Funny how on a blog that regularly highlights corruption in American government- much (but not all) driven by rich people buying or bribing their way out of trouble or driving competitors out of business- that as soon as the Pope mentions economic inequality the same people get pissed. Pope is just stating the obvious.
It's possible to believe that (some) wealthy people are giving us a butt fucking without being a communist.
Sure, and what's your solution?
fuck 'em back
And how would you go about doing that? A specific example of a harm done and an appropriate restitution would suffice.
The ludicrous hypocrisy and idiocy I see keeps coming up with morons who believe, like the Pope, that there is something wrong with the rich getting rick quicker than the poor is that - the only reason the "wealthy would have too much say in society" is if you provide them a government that gives them power over others. Government is the avenue through which the corrput rich enact "undue" power over others, their industry, etc. Small government would almost completely prevent the concers of liberals.
The mask slips.
Also, the Pope, Tony, and other morons should be worried about inequality of OPPORTUNITY - not outcome. The former is a just concern, but since they actually complain about the latter, their motive is revealed as simple jealousy.
People who are leftist and religious really annoy me.
Pssh, then everyone religious person should annoy you - almost every religion I'm familiar with advocates a worldview of "the weak are divine, the strong are evil", "serve others over yourself", "give to those most in need", "people are born evil and must prove their grace by doing things that are symbolic but ultimately meaningless", etc.
Organized christianity is very socialist, and attempts to destroy the self at every opportunity.
* really annoyed at my typos today - apologies to all.

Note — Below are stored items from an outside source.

//! How soon the levels of a system rest, and what is said of it.

ghost use Rattle.std.specs.Prelude.{All, IfOk, map};
ghost use Rattle.responses.specs.Bounds.{IsRow};
ghost use Rattle.responses.specs.Found.{rate_of};

use crate::faults::{NotTold, refused};
use crate::lines::{Report, Scene};
use crate::rates::{Rates, once_each, rates_for};
use responses::{Rate, Response, Responses, responded};
use source_texts::{SourceText, read};
use std::alloc::{AllocError, Global};

/// How soon the levels of a system rest.
#[derive(Drop)]
pub struct Told {
    pub responses: Responses,
    /// The rates for which that is so.
    pub rates: Vec<Rate>,
    /// The lines that say it.
    pub lines: String,
}

/// What is said where no rates are.
const ONCE: &str = "no rates are said: one interrupt of each line\n";

/// How soon the levels of an image rest at these rates.
pub(crate) fn responses_at(
    alloc: Global,
    image: &[u8],
    rates: &[Rate],
) -> Result<Responses, NotTold>
    ensures { IfOk result (λ all. All (IsRow image.now (map rate_of rates.now)) all.rows.items) }
{
    match responded(alloc, image, rates) {
        Ok(responses) => Ok(responses),
        Err(refusal) => Err(refused(refusal)),
    }
}

/// The responses to one interrupt of each line, where some rates ask for too much.
pub(crate) fn costs_for(
    alloc: Global,
    image: &[u8],
    responses: &Responses,
) -> Result<Option<Responses>, NotTold> {
    let is_any = responses
        .rows
        .iter()
        .any(|row| matches!(&row.response, Response::TooMuch));
    if !is_any {
        return Ok(None);
    }
    let rates = once_each(alloc)?;
    Ok(Some(responses_at(alloc, image, rates.as_slice())?))
}

/// The lines on all levels.
fn lines_of<'s>(
    alloc: Global,
    text: &'s SourceText<'_>,
    content: &'s str,
    rates: &'s Rates,
    responses: &'s Responses,
    costs: Option<&'s Responses>,
) -> Result<String, AllocError> {
    let mut report = Report {
        scene: Scene {
            alloc,
            file: "",
            text,
            content,
            rates: rates.all.as_slice(),
        },
        offsets: responses.offsets.as_slice(),
        costs,
        to: String::new(alloc),
    };
    if !rates.are_said {
        report.to.push_str(ONCE)?;
    }
    for row in &responses.rows {
        report.say_row(row)?;
    }
    Ok(report.to)
}

/// How soon the levels of a system rest, whose image and text these are, at the rates that words say, `LINE BURST PERIOD ..`, or else the text; where
/// neither does, with one interrupt of each line.
///
/// # Errors
///
/// The text or the words are of another form; the image is refused; or memory is refused.
pub fn tell(alloc: Global, image: &[u8], content: &str, words: &[&str]) -> Result<Told, NotTold>
    // Each bound that is said holds over all events that keep the rates.
    ensures bounds { IfOk result (λ told. All (IsRow image.now (map rate_of told.rates.items)) told.responses.rows.items) }
{
    let text = read(alloc, content)?;
    let rates = rates_for(alloc, &text, content, words)?;
    let at = rates.all.as_slice();
    let responses = responses_at(alloc, image, at)?;
    let costs = costs_for(alloc, image, &responses)?;
    let lines = lines_of(alloc, &text, content, &rates, &responses, costs.as_ref())?;
    Ok(Told {
        responses,
        rates: rates.all,
        lines,
    })
}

DC_36 you are correct, I personally can assure you that Organized Christianity is socialist, because I grew up in a fundamentalist Anabaptist system, very socialist and a very strict hierarchy,
Not Fun.
Envy, and the hatred that it fosters, is the root of all evil. Or, to put it biblically, "For the love of money is a root of all kinds of evil...." Timothy 6:10
The Pope should read his Bible.
If the pope is so concerned then why not share some of the Vatican's wealth?

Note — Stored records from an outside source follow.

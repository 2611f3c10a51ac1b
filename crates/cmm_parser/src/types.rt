//! Types, and the parts of expressions that hold no other.

ghost use Rattle.std.specs.Prelude.{◌≡◌, ◌-◌, ◌<◌, ◌≤◌, true, length, Ok, IsTrue, OnOk, MatchOption};
ghost use Rattle.cmm_grammar.specs.Reading.{next, passes, pick};
ghost use Rattle.cmm_grammar.specs.ExpressionReading as readers;
ghost use Rattle.cmm_grammar.specs.PartReading.{is_width};
ghost use Rattle.cmm_parser.specs.inside.Parsing.{Takes, MayTake, Stays, point_of, width_next, Bits};

use crate::fault::Stop;
use crate::operators::width_of;
use crate::parser::Parser;
use cmm_ast::{Ident, Int, Number, PrimForm, TypeForm, TypeName};
use cmm_lexer::{Keyword, Symbol, TokenKind};
use cmm_words::Width;

/// The type that a name stands for.
pub(crate) fn named_type(name: Ident) -> TypeName
    ensures { result ≡ readers.named_type name }
{
    TypeName {
        token: name.token,
        form: TypeForm::Named(name.into_name()),
    }
}

impl Parser<'_> {
    /// The width whose word is next, if one is.
    pub(crate) fn next_width(&self) -> Option<Width>
        ensures { result ≡ width_next (next (point_of self.now).left) }
    {
        width_of(self.next_word()?)
    }

    /// A type that is one of the words for bits, where such a word is next.
    pub(crate) fn bits(&mut self) -> Option<TypeName>
        ensures { MatchOption result (Stays is_width (point_of self.old) (point_of self.new)) (λ width. Bits width (point_of self.old) (point_of self.new)) }
    {
        let token = self.here();
        let width = self.next_width()?;
        self.take();
        Some(TypeName {
            token,
            form: TypeForm::Bits(width),
        })
    }

    pub(crate) fn type_name(&mut self) -> Result<TypeName, Stop>
        ensures { Takes (λ fuel. readers.type_name) (point_of self.old) result (point_of self.new) }
    {
        match self.bits() {
            Some(width) => Ok(width),
            None => Ok(named_type(self.ident()?)),
        }
    }

    /// A number or a character.
    fn number(&mut self) -> Result<Number, Stop>
        ensures { Takes (λ fuel. pick readers.number_in) (point_of self.old) result (point_of self.new) }
    {
        let number = match self.next() {
            Some(TokenKind::Int(value)) => Number::Int(value),
            Some(TokenKind::Char(byte)) => Number::Char(byte),
            _ => return Err(self.unexpected()),
        };
        self.take();
        Ok(number)
    }

    /// The type of a literal, where it has one.
    fn typed(&mut self) -> Result<Option<TypeName>, Stop>
        ensures { MayTake (λ fuel. readers.typed) (point_of self.old) result (point_of self.new) }
    {
        if self.accept(Symbol::Colons) {
            Ok(Some(self.type_name()?))
        } else {
            Ok(None)
        }
    }

    /// A number or a character, and after `::` its type.
    #[inline(never)]
    pub(crate) fn literal(&mut self) -> Result<PrimForm, Stop>
        ensures { Takes (λ fuel. readers.literal) (point_of self.old) result (point_of self.new) }
    {
        let number = self.number()?;
        let width = self.typed()?;
        Ok(PrimForm::Literal { number, width })
    }

    /// What the address of a word in memory is said to be a multiple of.
    pub(crate) fn aligned(&mut self) -> Result<Option<Int>, Stop>
        ensures { MayTake (λ fuel. readers.aligned) (point_of self.old) result (point_of self.new) }
    {
        if self.accept_word(Keyword::Aligned) || self.accept_word(Keyword::Align) {
            Ok(Some(self.int()?))
        } else {
            Ok(None)
        }
    }
}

I say turn the Vatican into one huge museum, charge, and share the proceeds with the poor,
The tapeworm my dog has probably has similar feelings as this Pope. Difference is it doesn't spew economic nonsense as it feasts.
The Christian church, especially the Catholic church, is terribly confused on this topic.
Yes, we (the church) are called to help the poor through loving gifts of our time, talent and treasures. That is the essence of the meaning of "charity."
No, it is not the role of governments to be charitable. Governments are incapable of charity because charity must be done out of love for others. Governments are incapable of love. The "giving" of governments is only possible by virtue of the taking that which is not the governments from individuals by coercive, confiscatory means. There is certainly no love in that.
Finally, it neither the calling of the Christian church, nor the purview of governments to achieve or strive for economic equality. Neither is it possible.